DATA IN THIS EXERCISE Start Marker

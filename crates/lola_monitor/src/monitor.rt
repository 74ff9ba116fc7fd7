//! The top call.
ghost use Rattle.std.specs.Prelude.{◌≡◌, None, Some, map, string_bytes};
ghost use Rattle.lola_port.specs.States.{SinkState};
ghost use Rattle.lola_monitor_command.specs.Bounds.{IsRunInBounds};
ghost use Rattle.lola_monitor_command.specs.Command.{command_of};
ghost use Rattle.lola_monitor.specs.Command.{IsWithoutState, Resumption, SnapshotNames, names_asked, resumption_of, snapshot_of};
ghost use Rattle.lola_monitor.specs.Monitor.{Asked, call, outside};
ghost use Rattle.lola_monitor.specs.Statuses.{Decided, Ended};
ghost use Rattle.lola_monitor.specs.Outcomes.{Works};
ghost use Rattle.lola_monitor.specs.AnyOutcomes.{WorksAny};
ghost use Rattle.lola_monitor.specs.Resumed.{DecidedResumed, EndedResumed};
ghost use Rattle.lola_monitor.specs.Snapshots.{DecidedSnapshot, EndedSnapshot};

use crate::analysing::analysis;
use crate::call_end::CallEnd;
use crate::drilling::drill;
use crate::planning::{read_plan, without_plan};
use crate::putting::conclude;
use crate::replaying::replay_texts;
use crate::resuming::resume;
use crate::saving::snapshot;
use crate::sources::run_sources;
use lola_monitor_command::command::{Command, ReplayCommand, RunCommand, read_command};
use lola_monitor_run::run::Run;
use lola_monitor_run::run_law::puts_add_up;
use lola_port::{Gate, Shelf, Sink};
use lola_replay::law::one_finding;
use lola_report::end::EndLine;
use lola_value::words::word_at;
use std::alloc::Global;
use std::hash::RandomState;
use std::sync::Wait;
use std::thread::Threads;

// All but the last line of a run that begins anew.
fn run<R: Threads + Wait + Sync, F: Shelf, K: Sink, T: Sink, G: Gate + Sync>(
    rt: &R,
    alloc: Global,
    hasher: RandomState,
    words: &[String],
    command: &RunCommand,
    shelf: &mut F,
    out: &mut K,
    trace: &mut T,
    gate: &G,
) -> CallEnd
    requires out { (F.state shelf.old).out ≡ 0 }
    requires is_run { command_of (map string_bytes words.now) ≡ Some (Command.Run command.now) }
    requires bounds { IsRunInBounds command.now }
    requires is_anew { command.now.state ≡ None }
    ensures works { Works result (map string_bytes words.now) (outside (F.state shelf.old) (K.state out.old) (T.state trace.old))
        (outside (F.state shelf.new) (K.state out.new) (T.state trace.new)) }
    ensures asked { Asked (names_asked (map string_bytes words.now)) (F.state shelf.old) (F.state shelf.new) }
{
    let plan = match read_plan(alloc, shelf, word_at(words, command.specification)) {
        Ok(plan) => plan,
        Err(end) => return without_plan(end),
    };
    let start = command.start;
    let Ok(run) = Run::create(alloc, hasher, plan, start, command.show, command.workers) else {
        return CallEnd::Memory;
    };
    run_sources(
        rt, alloc, run, start, words, command, shelf, out, trace, gate,
    )
}

// All but the last line of a run that begins anew or goes on from a state.
fn run_or_resume<R: Threads + Wait + Sync, F: Shelf, K: Sink, T: Sink, G: Gate + Sync>(
    rt: &R,
    alloc: Global,
    hasher: RandomState,
    words: &[String],
    command: &RunCommand,
    shelf: &mut F,
    out: &mut K,
    trace: &mut T,
    gate: &G,
) -> CallEnd
    requires out { (F.state shelf.old).out ≡ 0 }
    requires is_run { command_of (map string_bytes words.now) ≡ Some (Command.Run command.now) }
    requires bounds { IsRunInBounds command.now }
    ensures works { WorksAny result (map string_bytes words.now) (outside (F.state shelf.old) (K.state out.old) (T.state trace.old))
        (outside (F.state shelf.new) (K.state out.new) (T.state trace.new)) }
    ensures asked { Asked (names_asked (map string_bytes words.now)) (F.state shelf.old) (F.state shelf.new) }
{
    match command.state {
        Some(place) => resume(
            rt, alloc, hasher, words, command, place, shelf, out, trace, gate,
        ),
        None => run(rt, alloc, hasher, words, command, shelf, out, trace, gate),
    }
}

// All but the report of an analysis, which puts nothing to the trace.
fn analyse<F: Shelf>(
    alloc: Global,
    words: &[String],
    specification: usize,
    shelf: &mut F,
) -> CallEnd
    requires out { (F.state shelf.old).out ≡ 0 }
    requires is_analysis { command_of (map string_bytes words.now) ≡ Some (Command.Analyse specification) }
    ensures works { (out : SinkState) (trace : SinkState) → Works result (map string_bytes words.now) (outside (F.state shelf.old) out trace) (outside (F.state shelf.new) out trace) }
    ensures asked { Asked (names_asked (map string_bytes words.now)) (F.state shelf.old) (F.state shelf.new) }
{
    let plan = match read_plan(alloc, shelf, word_at(words, specification)) {
        Ok(plan) => plan,
        Err(end) => return without_plan(end),
    };
    match analysis(alloc, &plan) {
        Ok(text) => CallEnd::Report(text),
        Err(_) => CallEnd::Memory,
    }
}

// All but the last line of a replay, which puts nothing to the trace.
fn replay<F: Shelf>(
    alloc: Global,
    words: &[String],
    command: &ReplayCommand,
    shelf: &mut F,
) -> CallEnd
    requires out { (F.state shelf.old).out ≡ 0 }
    requires is_replay { command_of (map string_bytes words.now) ≡ Some (Command.Replay command.now) }
    ensures works { (out : SinkState) (trace : SinkState) → Works result (map string_bytes words.now) (outside (F.state shelf.old) out trace) (outside (F.state shelf.new) out trace) }
    ensures asked { Asked (names_asked (map string_bytes words.now)) (F.state shelf.old) (F.state shelf.new) }
{
    let plan = match read_plan(alloc, shelf, word_at(words, command.specification)) {
        Ok(plan) => plan,
        Err(end) => return without_plan(end),
    };
    replay_texts(alloc, &plan, words, command, shelf)
}

// All but the last line.
fn work<R: Threads + Wait + Sync, F: Shelf, K: Sink, T: Sink, G: Gate + Sync>(
    rt: &R,
    alloc: Global,
    hasher: RandomState,
    words: &[String],
    shelf: &mut F,
    out: &mut K,
    trace: &mut T,
    gate: &G,
) -> CallEnd
    requires { (F.state shelf.old).out ≡ 0 }
    ensures works { WorksAny result (map string_bytes words.now) (outside (F.state shelf.old) (K.state out.old) (T.state trace.old))
        (outside (F.state shelf.new) (K.state out.new) (T.state trace.new)) }
    ensures asked { Asked (names_asked (map string_bytes words.now)) (F.state shelf.old) (F.state shelf.new) }
{
    match read_command(alloc, words) {
        Ok(Some(Command::Run(command))) => {
            run_or_resume(rt, alloc, hasher, words, &command, shelf, out, trace, gate)
        }
        Ok(Some(Command::Snapshot(command))) => {
            snapshot(rt, alloc, hasher, words, &command, shelf, gate)
        }
        Ok(Some(Command::Analyse(specification))) => analyse(alloc, words, specification, shelf),
        Ok(Some(Command::Drill(command))) => drill(rt, alloc, hasher, &command, gate),
        Ok(Some(Command::Replay(command))) => replay(alloc, words, &command, shelf),
        Ok(None) => CallEnd::Line(EndLine::Usage),
        Err(_) => CallEnd::Memory,
    }
}

/// Does all that the program does, and answers its status.
///
/// For every specification that is accepted, the trace that is written holds the rows of all sources once, those of each source
/// in their order, each marked late exactly where it is stamped before the merged time, and the
/// verdicts that are written are those of the evaluation model of the accepted rows, up to its first
/// fault, at the same stream and step.
///
/// `words` are the words of a command line, as `lola_monitor_command` reads them. The specification, and then each source in the order of
/// the words, is fetched from `shelf`; all are given back. Verdicts and the end line are put to `out`, the trace to `trace`. An
/// analysis puts its report and end line to `out`, and nothing to `trace`. Where more than one worker is asked for, the instances
/// of a layer are evaluated by at most as many threads, started through `rt`, which call the gate; how many there are changes nothing
/// that is written. A drill runs two made-up sources in turns under a specification of its own; it asks the shelf for nothing, and
/// puts its end line to `out` and nothing else. A replay fetches the specification, a trace and verdicts, and puts its end line to
/// `out` and nothing to the trace: a second evaluator says whether the two are those of one run, and if not, which line differs
/// first.
///
/// A run with `--resume` fetches a saved state behind the specification, and goes on from there: its rows come behind those of the journal
/// whose state it is, its verdicts are what the whole journal has behind the verdicts that were settled then, and a row is late where it
/// is stamped before the last row of that journal. The counts of its end line are its own. A snapshot reads its sources in turns with one worker, and
/// puts the state that they come to in place of verdicts and trace; the deadlines at the last stamp are left to whoever goes on from it.
///
/// Texts and instances are looked up by hashes under the keys of `hasher`: where nobody who writes the sources knows the keys, nobody
/// can choose rows whose texts or parameters collide. The keys change nothing that is written.
///
/// A run has 1 to 64 sources, numbered from 0. With `--in-turns` they are read in turns: one row of source 0, one of source 1, and
/// so on, and then the next round, in which a source that has ended has no turn. Without it they are read by the calling thread and by
/// threads that are started through `rt`; the gate is called before each turn, and the rows may come in any order that keeps that of
/// each source. `--intake` then says what they are handed in at, the lock or the queue, and no promise depends on it.
/// A source that ends at a malformed line, or whose read fails, ends alone: the others are read to their ends.
///
/// | Status | What has come, and what was left |
/// |---|---|
/// | 0 | all rows of all sources were taken, and each source ends well: the trace has their lines, `out` their verdicts and the end line; or the specification was analysed, or the drill was run, or the trace and the verdicts are those of a run |
/// | 1 | the trace or the verdicts are not those of a run, and the first line that differs is told; whether or not its put fails |
/// | 2 | the words are no command: nothing is asked or traced |
/// | 3 | the specification was read, and is refused: nothing is traced |
/// | 4 | all rows of all sources were taken up to their malformed lines; the least source that has one is named. Trace, verdicts and end line were put |
/// | 5 | a row, a deadline before it, or the deadline at the last stamp has a fault; whether or not what is put to `out` from then on fails |
/// | 6 | the specification was not given or read, or a state, or the trace or the verdicts of a replay, and nothing is traced; or a source was not given, and no row was taken; or it could not be read, and all rows of the other sources were taken. The least of them is named |
/// | 7 | a put failed, and no fault was met before: within a trace line, and `out` has the verdicts of all rows before it; or within the verdicts of the last row or of the deadlines at the last stamp, and the trace is whole; or within the end line of a run that is done or has a source with a malformed line, or of an analysis, a drill or a replay |
/// | 8 | there is no memory: nothing was put, or the trace has the lines of the rows that were taken, and `out` a front of their verdicts; no end line |
/// | 9 | the state that a run or a snapshot goes on from was read and is refused: it is damaged, or of another specification; nothing is traced. Or a snapshot has more steps than a state can have |
///
/// With 1, 2, 3, 5, 6 and 9 the put of the end line may fail: its status stays, and `out` has a part of it.
///
/// Of several the status tells the first of these: what stopped the run (5, 7 or 8), a source that could not be read (6), a
/// malformed line (4).
pub fn run_monitor<R: Threads + Wait + Sync, F: Shelf, K: Sink, T: Sink, G: Gate + Sync>(
    rt: &R,
    alloc: Global,
    hasher: RandomState,
    words: &[String],
    shelf: &mut F,
    out: &mut K,
    trace: &mut T,
    gate: &G,
) -> u8
    requires { (F.state shelf.old).out ≡ 0 }
    // The names asked for are the command's, in order; no other is. Each source is given back.
    ensures asked { Asked (names_asked (map string_bytes words.now)) (F.state shelf.old) (F.state shelf.new) }
    // What the call leaves, by its status: a line of this record for each line of the table above.
    ensures ended { IsWithoutState (map string_bytes words.now) → Ended result (call (map string_bytes words.now) (outside (F.state shelf.old) (K.state out.old) (T.state trace.old))
        (outside (F.state shelf.new) (K.state out.new) (T.state trace.new))) }
    // The same of a run that goes on from a saved state: whatever journal it was whose state was saved, it is as if it had never stopped.
    ensures resumed { (names : Resumption) → resumption_of (map string_bytes words.now) ≡ Some names
        → EndedResumed result names (call (map string_bytes words.now) (outside (F.state shelf.old) (K.state out.old) (T.state trace.old))
        (outside (F.state shelf.new) (K.state out.new) (T.state trace.new))) }
    // And of a snapshot: what is put is the state of the journal so far, or nothing but an end line.
    ensures snapshot { (names : SnapshotNames) → snapshot_of (map string_bytes words.now) ≡ Some names
        → EndedSnapshot result names (call (map string_bytes words.now) (outside (F.state shelf.old) (K.state out.old) (T.state trace.old))
        (outside (F.state shelf.new) (K.state out.new) (T.state trace.new))) }
    // Nothing but want of memory keeps a command from its answer.
    ensures decided { IsWithoutState (map string_bytes words.now) → Decided result (call (map string_bytes words.now) (outside (F.state shelf.old) (K.state out.old) (T.state trace.old))
        (outside (F.state shelf.new) (K.state out.new) (T.state trace.new))) }
    ensures decided_resumed { (names : Resumption) → resumption_of (map string_bytes words.now) ≡ Some names
        → DecidedResumed result names (call (map string_bytes words.now) (outside (F.state shelf.old) (K.state out.old) (T.state trace.old))
        (outside (F.state shelf.new) (K.state out.new) (T.state trace.new))) }
    ensures decided_snapshot { (names : SnapshotNames) → snapshot_of (map string_bytes words.now) ≡ Some names
        → DecidedSnapshot result names (call (map string_bytes words.now) (outside (F.state shelf.old) (K.state out.old) (T.state trace.old))
        (outside (F.state shelf.new) (K.state out.new) (T.state trace.new))) }
{
    puts_add_up();
    one_finding();
    let outcome = work(rt, alloc, hasher, words, shelf, out, trace, gate);
    conclude(alloc, outcome, out)
}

DATA IN THIS EXERCISE End Marker

#### AIM OF THE EXERCISE:
From the listing above, copy all lines holding the word "given".

#### ANSWER SPACE:
/// the words, is fetched from `shelf`; all are given back. Verdicts and the end line are put to `out`, the trace to `trace`. An
/// | 6 | the specification was not given or read, or a state, or the trace or the verdicts of a replay, and nothing is traced; or a source was not given, and no row was taken; or it could not be read, and all rows of the other sources were taken. The least of them is named |
    // The names asked for are the command's, in order; no other is. Each source is given back.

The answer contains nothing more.